In dit geval doen zich de bijzondere omstandigheden als genoemd onder 3. voor, waardoor de huisarts wél gegevens over eerdere klachten mocht aanhalen in zijn verweer. De huisarts mocht zijn reactie op de bejegeningsklacht van een context voorzien. Van belang acht het CTG ook dat de gegevens over de eerdere klachten geen medische gegevens bevatten. Het CTG concludeert al met al dat geen sprake is van een schending van het beroepsgeheim door de huisarts of een schending van de privacy en vernietigt de uitspraak van het RTG.

Beschouwing

Mijns inziens niet alleen een gunstige uitspraak voor de huisarts die er zonder kleerscheuren van afkomt, maar ook meteen een helder algemeen kader voor het gebruik van gegevens uit het patiëntendossier in reactie op een klacht. Dat kan een klacht bij de klachtencommissie zijn, maar ook een klacht bij het tuchtcollege. Het is in geval van een klacht steeds aan de verwerende zorgverlener zelf om kritisch te beoordelen óf gegevens moeten worden ingebracht in de procedure en zo ja, welke gegevens relevant zijn voor het verweer tegen de klacht. Niet-relevante gegevens mogen in ieder geval niet worden gebruikt. Als gegevens wel relevant worden geacht door de zorgverlener, mogen die gegevens toch niet worden gebruikt als de patiënt het gebruik van die gegevens heeft beperkt (bijvoorbeeld in een machtigingsformulier). Uit de uitspraak volgt bovendien dat niet zomaar gegevens over eerder ingediende klachten mogen worden gebruikt in een nieuwe klachtenprocedure: als uitgangspunt zijn deze gegevens niet relevant, tenzij er bijzondere omstandigheden zijn die het gebruik van de gegevens alsnog rechtvaardigen. Een bekend voorbeeld in het tuchtrecht waarin dergelijke bijzondere omstandigheden aan de orde zijn, is de situatie dat een patiënt (nagenoeg) dezelfde klacht indient jegens een zorgverlener, terwijl daarover al een onherroepelijke tuchtrechtelijke uitspraak is gewezen (een zogeheten ‘ne bis in idem-situatie’ in de zin van artikel 51 Wet BIG).
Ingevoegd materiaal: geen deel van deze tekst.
/// Takes peers in turn, each by its link over TCP, until the engine is complete, and concludes, as `fetch_over` does.
/// Where `log` is the path of the engine's log, the engine is flushed among them. Then it hears the bell. Errors:
/// also where the bell rang, since a device refused a write, and not all files are complete.
fn fetch_from<D: Disk + Drop, H: NodeHash, N: Net + Clock, P: Watch, B: Bell, W: Write>(
    alloc: Global,
    watch: &P,
    engine: &mut Engine<D, H>,
    peers: &[Peer<'_>],
    links: &mut [TcpLink<'_, N, P>],
    log: Option<&str>,
    bell: &B,
    writer: &mut W,
) -> Result<u8, Fault>
    requires no_peer { engine.old.state.peers ≡ [] }
    requires own_links { links.old ≡ links_of engine.old.state.torrent peers.now }
    ensures fetched { IfOk result (λ status. HasFetchedOverTcp D.conduct H.digest peers.now
        log.entry engine.old (W.contents writer.old) (W.contents writer.new) status engine.new) }
    ensures heard { OnOk result (IsHeard (B.tells bell.now) (all_complete engine.new.state)) }
    ensures run { LeadsTo D.conduct H.digest engine.old engine.new }
    ensures fault { IfErr result (IsEndFault engine.old.log) }
    ensures full { IfErr result
        (λ fault. fault ≡ log_full → FindsLogFull D.conduct H.digest engine.old) }
{
    let flushing = fetch_flushing(log);
    let status = fetch_over(
        alloc,
        watch,
        engine,
        peers,
        links,
        SESSION_TURNS,
        flushing,
        writer,
    )?;
    hear(bell, engine.is_complete())?;
    Ok(status)
}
Kortom, een zorgverlener moet zich adequaat kunnen verweren met behulp van gegevens uit het patiëntendossier van de klagende patiënt en hoeft daarvoor - anders dan de KNMG-richtlijn zegt- geen expliciete toestemming aan de patiënt te vragen, maar de zorgverlener moet zich hierbij wel houden aan de eventuele grenzen die de patiënt stelt én steeds kritisch beoordelen wat wel en niet relevant is.

Er is nog één open eindje. Het CTG benoemt niet op welke grond voor doorbreking van het medisch beroepsgeheim het zijn overwegingen baseert.[1] Het lijkt mij dat de zorgverlener zijn beroepsgeheim (voor zover noodzakelijk) mag doorbreken op grond van een (eigen) zwaarwegend belang, namelijk het belang om zich adequaat te kunnen verweren ten behoeve van het voeren van een eerlijk proces (artikel 6 EVRM). Deze gedachtelijn sluit in ieder geval aan op eerdere uitspraken over het gebruik van patiëntgegevens voor het verweer in (alleen) tuchtprocedures.[2]

Heeft u vragen over de gevolgen van deze uitspraak voor een tegen u ingediende (tucht)klacht? Of heeft u in algemene zin vragen over het wettelijke klacht- en tuchtrecht? Neem dan gerust contact met mij op.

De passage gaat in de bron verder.